* GIVEN ENTRIES *
= Beginning of Section =

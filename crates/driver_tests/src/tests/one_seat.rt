//! One thread with one seat, as tables of calls: stories of commands that are done, that fail or are issued again, and each refusal.
ghost use Rattle.std.specs.Prelude.{◌≡◌};

use crate::tests::common::{PSS, PXIS, SDBS, Way, is_filled};
use Call::{Claim, Collect, FreeNow, Pump, PumpAll, Stubborn, Submit, Trim};
use Pumped::Stepped;
use Said::{Claimed, Collected, Did, Free, Refused, Trimmed, Waits};
use ahci_driver::{Driver, Pumped, SubmitFault, TagBoard, TagSeat, Ticket};
use ahci_port::Stepped::{Accepted, Completed, Failed};
use ahci_port::{CollectFault, IssueFault, Port, TrimFault};
use ncq_journal::Outcome;
use std::alloc::{AllocError, Global};
use std::process::Abort;
use std::sync::Wait;
use std::test::Fail;
use test_helpers::TableStep::Accept;
use test_helpers::{Job, TableStep};
use word_bits::is_set;

const FAILED: TableStep = TableStep::Fail(0, 0x40, 1);

/// A call of the driver.
#[derive(Clone, Copy, Debug)]
enum Call {
    Submit(Job),
    /// With a chooser that always answers `Accept(255)`.
    Stubborn,
    /// With `Low`.
    Pump,
    /// With `All`.
    PumpAll,
    /// With a chooser that always fails tag 0 at sector 1.
    Fail,
    Collect,
    /// Of a tag alone, as `submit` does before all else.
    Claim,
    Trim,
    FreeNow,
}

/// What it answers.
#[derive(Clone, Copy, Debug, PartialEq, Eq)]
enum Said {
    Ticket(u8, u64),
    Refused(SubmitFault),
    /// What a pump did.
    Did(Pumped),
    /// The reply's number, entry and outcome, how many bytes came, and the first of them.
    Collected(u64, u64, Outcome, usize, Option<u8>),
    Waits(CollectFault),
    Claimed(Option<u8>),
    /// How many entries were handed out.
    Trimmed(Result<u64, TrimFault>),
    Free(u32),
    Nothing,
}

/// A driver with one seat, and the last ticket, if it waits.
#[derive(Drop)]
struct Story {
    driver: Driver,
    seat: TagSeat,
    ticket: Option<Ticket>,
    ghost own: { seat.board ≡ driver },
}

impl Story {
    fn goes<R: Wait>(&mut self, rt: &R, alloc: Global, call: Call) -> Result<Said, AllocError> {
        Ok(match call {
            Call::Submit(job) => {
                let op = job.op(alloc)?;
                match self.driver.submit(rt, alloc, &mut self.seat, &op) {
                    Ok(ticket) => {
                        let said = Said::Ticket(ticket.tag(), ticket.number());
                        self.ticket = Some(ticket);
                        said
                    }
                    Err(fault) => Said::Refused(fault),
                }
            }
            Call::Stubborn => self.pumps(rt, Way::Always(Accept(255))),
            Call::Pump => self.pumps(rt, Way::Lowest),
            Call::PumpAll => self.pumps(rt, Way::All),
            Call::Fail => self.pumps(rt, Way::Always(FAILED)),
            Call::Collect => self.collects(rt),
            Call::Claim => Said::Claimed(self.driver.board().claim(&mut self.seat).ok()),
            Call::Trim => Said::Trimmed(self.driver.trim(rt).map(|journal| journal.len())),
            Call::FreeNow => Said::Free(self.driver.board().free_now(&mut self.seat)),
        })
    }

    fn pumps<R: Wait>(&mut self, rt: &R, mut chooser: Way) -> Said {
        self.driver
            .pump(rt, &mut chooser)
            .map_or(Said::Nothing, Said::Did)
    }

    fn collects<R: Wait>(&mut self, rt: &R) -> Said {
        let Some(ticket) = self.ticket.take() else {
            return Said::Nothing;
        };
        if !is_set(self.seat.held(), ticket.tag()) {
            return Said::Nothing;
        }
        match self.driver.collect(rt, &mut self.seat, ticket) {
            Ok((reply, bytes)) => {
                let first = bytes.first().copied();
                let whole = is_filled(&bytes, 512, first.unwrap_or(0)) || bytes.is_empty();
                let len = if whole { bytes.len() } else { 1 };
                Said::Collected(reply.number, reply.entry, reply.outcome, len, first)
            }
            Err((ticket, fault)) => {
                self.ticket = Some(ticket);
                Said::Waits(fault)
            }
        }
    }
}

static STORY: [(Call, Said); 13] = [
    (Submit(Job::Write(1, 0x77)), Said::Ticket(0, 0)),
    (Collect, Waits(CollectFault::NotYet)),
    (Stubborn, Did(Stepped(Accepted(1)))),
    (Stubborn, Did(Stepped(Completed { first: 2, count: 1 }))),
    (Stubborn, Did(Pumped::Idle)),
    (Collect, Collected(0, 2, Outcome::Wrote, 0, None)),
    (FreeNow, Free(3)),
    (Submit(Job::Read(1)), Said::Ticket(0, 4)),
    (Pump, Did(Stepped(Accepted(5)))),
    (Pump, Did(Stepped(Completed { first: 6, count: 1 }))),
    (Pump, Did(Pumped::Idle)),
    (Collect, Collected(4, 6, Outcome::Read, 512, Some(0x77))),
    (FreeNow, Free(3)),
];

fn equal(rt: &impl Abort, call: Call, found: Said, wanted: Said) {
    assert!(rt;
        found == wanted,
        "{call:?} answers {found:?}, not {wanted:?}"
    );
}

/// A port with two slots, whose journal's first entry has this number.
fn one_port(alloc: Global, first: u64) -> Result<Port, Fail> {
    let image = vec![in alloc; 0x5a; 4096]?;
    Ok(Port::resume(alloc, image, 2, first)?)
}

/// A driver of a port, all of whose tags are free.
fn over(alloc: Global, port: Port) -> Result<Story, Fail> {
    port.shape();
    let (board, seat) = TagBoard::new(alloc, port.depth())?;
    Ok(Story {
        driver: Driver::new(port, board),
        seat,
        ticket: None,
    })
}

/// Makes these calls, in this order.
fn goes_on<R: Wait + Abort>(
    rt: &R,
    alloc: Global,
    mut story: Story,
    calls: &[(Call, Said)],
) -> Result<Story, Fail> {
    for (call, wanted) in calls {
        equal(rt, *call, story.goes(rt, alloc, *call)?, *wanted);
    }
    Ok(story)
}

/// Makes these calls on a driver of a new port.
fn plays<R: Wait + Abort>(rt: &R, alloc: Global, calls: &[(Call, Said)]) -> Result<Story, Fail> {
    goes_on(rt, alloc, over(alloc, one_port(alloc, 0)?)?, calls)
}

/// Makes these calls on a driver of a new port, whose PxIS has this word then.
fn leaves<R: Wait + Abort>(
    rt: &R,
    alloc: Global,
    calls: &[(Call, Said)],
    interrupts: u32,
) -> Result<(), Fail> {
    let Story {
        driver,
        seat: _,
        ticket: _,
    } = plays(rt, alloc, calls)?;
    let (port, _board) = driver.into_parts();
    let found = port.register(PXIS);
    assert!(rt;
        found == Ok(interrupts),
        "PxIS is {found:?}, not {interrupts}"
    );
    Ok(())
}

#[test]
fn a_write_is_read_back_by_one_seat(rt: HostRuntime) -> Result<(), Fail> {
    let Story {
        driver,
        seat,
        ticket: _,
    } = plays(&rt, rt.alloc(), STORY.as_slice())?;
    let (port, board) = driver.into_parts();
    assert!(rt; board.close(seat) == 3);
    assert!(rt; port.journal().len() == 8);
    assert!(rt; port.register(PXIS) == Ok(SDBS));
    let mut sector = [0; 512];
    assert!(rt; port.sectors() == 8);
    port.starting(1, &mut sector);
    assert!(rt; is_filled(&sector, 512, 0x5a));
    port.copy(0, &mut sector);
    assert!(rt; is_filled(&sector, 512, 0x5a));
    Ok(())
}

static TOGETHER: [(Call, Said); 8] = [
    (Submit(Job::Write(1, 0x77)), Said::Ticket(0, 0)),
    (Submit(Job::Read(1)), Said::Ticket(1, 1)),
    (PumpAll, Did(Stepped(Accepted(2)))),
    (PumpAll, Did(Stepped(Accepted(3)))),
    (PumpAll, Did(Stepped(Completed { first: 4, count: 2 }))),
    (PumpAll, Did(Pumped::Idle)),
    (Collect, Collected(1, 5, Outcome::Read, 512, Some(0x77))),
    (FreeNow, Free(2)),
];

#[test]
fn all_completes_two_commands_by_one_pump(rt: HostRuntime) -> Result<(), Fail> {
    leaves(&rt, rt.alloc(), TOGETHER.as_slice(), SDBS)
}

static SUBMITTED_AFTER: [(Call, Said); 4] = [
    (Submit(Job::Write(1, 0x77)), Said::Ticket(0, 0)),
    (Pump, Did(Stepped(Accepted(1)))),
    (Pump, Did(Stepped(Completed { first: 2, count: 1 }))),
    (Submit(Job::Read(1)), Said::Ticket(1, 3)),
];

#[test]
fn a_command_is_submitted_without_acknowledging_the_last_one(rt: HostRuntime) -> Result<(), Fail> {
    leaves(&rt, rt.alloc(), SUBMITTED_AFTER.as_slice(), SDBS)
}

static HALTED: [(Call, Said); 8] = [
    (Submit(Job::Write(1, 0x77)), Said::Ticket(0, 0)),
    (Pump, Did(Stepped(Accepted(1)))),
    (Call::Fail, Did(Stepped(Failed(2)))),
    (
        Submit(Job::Read(1)),
        Refused(SubmitFault::Issue(IssueFault::Halted)),
    ),
    (FreeNow, Free(2)),
    (Pump, Did(Pumped::Recovered(0))),
    (
        Collect,
        Collected(
            0,
            2,
            Outcome::Failed {
                error: 0x40,
                lba: 1,
            },
            0,
            None,
        ),
    ),
    (FreeNow, Free(3)),
];

#[test]
fn a_halted_port_takes_no_command(rt: HostRuntime) -> Result<(), Fail> {
    leaves(&rt, rt.alloc(), HALTED.as_slice(), PSS)
}

static ISSUED_AGAIN: [(Call, Said); 10] = [
    (Submit(Job::Write(1, 0x77)), Said::Ticket(0, 0)),
    (Submit(Job::Read(1)), Said::Ticket(1, 1)),
    (Pump, Did(Stepped(Accepted(2)))),
    (Call::Fail, Did(Stepped(Failed(3)))),
    (Pump, Did(Pumped::Recovered(0))),
    (Pump, Did(Pumped::Reissued(1))),
    (Pump, Did(Stepped(Accepted(6)))),
    (Pump, Did(Stepped(Completed { first: 7, count: 1 }))),
    (Pump, Did(Pumped::Idle)),
    (Collect, Collected(1, 7, Outcome::Read, 512, Some(0x5a))),
];

#[test]
fn a_held_command_is_issued_again_by_a_pump_of_its_own(rt: HostRuntime) -> Result<(), Fail> {
    leaves(&rt, rt.alloc(), ISSUED_AGAIN.as_slice(), PSS | SDBS)
}

/// The last number that a journal may begin with.
const LAST: u64 = 1 << 63;

static SPENT: [(Call, Said); 7] = [
    (Trim, Trimmed(Ok(0))),
    (Submit(Job::Write(1, 0x77)), Said::Ticket(0, LAST)),
    (Trim, Trimmed(Err(TrimFault::Busy))),
    (Pump, Did(Stepped(Accepted(LAST + 1)))),
    (
        Pump,
        Did(Stepped(Completed {
            first: LAST + 2,
            count: 1,
        })),
    ),
    (Collect, Collected(LAST, LAST + 2, Outcome::Wrote, 0, None)),
    (Trim, Trimmed(Err(TrimFault::Spent))),
];

#[test]
fn a_busy_port_and_a_spent_one_are_not_trimmed(rt: HostRuntime) -> Result<(), Fail> {
    let alloc = rt.alloc();
    let story = over(alloc, one_port(alloc, LAST)?)?;
    let _story = goes_on(&rt, alloc, story, SPENT.as_slice())?;
    Ok(())
}

static TAKEN: [(Call, Said); 2] = [
    (
        Submit(Job::Read(1)),
        Refused(SubmitFault::Issue(IssueFault::SlotOwned)),
    ),
    (FreeNow, Free(3)),
];

#[test]
fn a_slot_that_was_owned_before_takes_no_command(rt: HostRuntime) -> Result<(), Fail> {
    let alloc = rt.alloc();
    let submitted = [(Submit(Job::Write(1, 0x77)), Said::Ticket(0, 0))];
    let Story {
        driver,
        seat: _,
        ticket: _,
    } = plays(&rt, alloc, submitted.as_slice())?;
    let (port, _board) = driver.into_parts();
    let _story = goes_on(&rt, alloc, over(alloc, port)?, TAKEN.as_slice())?;
    Ok(())
}

/// Stories of a driver, whose slot 0 has no request, and a read that is done.
static ANOTHERS: [&[(Call, Said)]; 2] = [
    &[(Claim, Claimed(Some(0)))],
    &[
        (Submit(Job::Read(1)), Said::Ticket(0, 0)),
        (Pump, Did(Stepped(Accepted(1)))),
        (Pump, Did(Stepped(Completed { first: 2, count: 1 }))),
    ],
];

#[test]
fn a_ticket_of_another_driver_is_a_stranger(rt: HostRuntime) -> Result<(), Fail> {
    let alloc = rt.alloc();
    let submitted = [(Submit(Job::Write(1, 0x77)), Said::Ticket(0, 0))];
    for calls in ANOTHERS {
        let Story {
            driver: _,
            seat: _,
            ticket,
        } = plays(&rt, alloc, submitted.as_slice())?;
        let mut story = plays(&rt, alloc, calls)?;
        story.ticket = ticket;
        let said = story.goes(&rt, alloc, Collect)?;
        equal(&rt, Collect, said, Waits(CollectFault::Stranger));
    }
    Ok(())
}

= End of Section =

* BRIEF *
Your answer should consist of copies of the lines above that include the string "answers".

* FINISHED EXERCISE *
    /// With a chooser that always answers `Accept(255)`.
/// What it answers.
        "{call:?} answers {found:?}, not {wanted:?}"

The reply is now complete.